Photoluminescence Properties of AScSi2O6:Cr3+ (A = Na and Li) Phosphors with High Efficiency and Thermal Stability for Near-Infrared Phosphor-Converted Light-Emitting Diode Light Sources

Near-infrared (NIR) phosphors are fascinating photoluminescence materials with applications in phosphor-converted light-emitting diodes (pc-LEDs) for night vision lighting, which are still restricted by low efficiency and thermal stability in the current research stage. In this work, AScSi₂O₆ (A = Na/Li) are chosen as hosts due to a larger band gap and a single octahedral site for Cr³⁺ doping. The NIR-emitting Cr³⁺-activated AScSi₂O₆:Cr³⁺ phosphors were successfully prepared by a common high-temperature solid-state method. X-ray diffraction and Rietveld refinement confirm that the Cr³⁺ prefers to enter the Sc³⁺-octahedral lattice site in the AScSi₂O₆ structure. Under blue light excitation, AScSi₂O₆:Cr³⁺ phosphors exhibit broadband NIR emission from 700 to 1100 nm with a full width at half-maximum of ∼150 nm owing to the ⁴T₂ → ⁴A₂ electron transition of Cr³⁺. The photoluminescence properties were enhanced by adjusting the fluxes and sintering conditions, and highly efficient LiScSi₂O₆:Cr³⁺ NIR phosphors with external quantum efficiencies of 33.4% were obtained.
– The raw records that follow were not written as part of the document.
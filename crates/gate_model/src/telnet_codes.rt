//! The codes of Telnet's commands (RFC 854, "TELNET COMMANDS").

/// Interpret as command: begins a command.
pub const IAC: u8 = 255;

/// Asks the other side to stop an option.
pub const DONT: u8 = 254;

/// Asks the other side to begin an option.
pub const DO: u8 = 253;

/// Refuses an option, or stops it.
pub const WONT: u8 = 252;

/// Offers to begin an option.
pub const WILL: u8 = 251;

/// Begins a subnegotiation.
pub const SB: u8 = 250;

/// Go ahead, the last of the commands of one byte.
pub const GA: u8 = 249;

/// No operation, the first of the commands of one byte.
pub const NOP: u8 = 241;

/// Ends a subnegotiation.
pub const SE: u8 = 240;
Moreover, the optimized LiScSi₂O₆:Cr³⁺ exhibits excellent thermal stability (75% at 150 °C) with an activation energy of 0.33 eV. Importantly, the fabricated NIR pc-LED with the highly efficient LiScSi₂O₆:Cr³⁺ phosphor demonstrates brighter NIR light and a higher luminous efficacy than the NaScSi₂O₆:Cr³⁺ phosphor in night vision.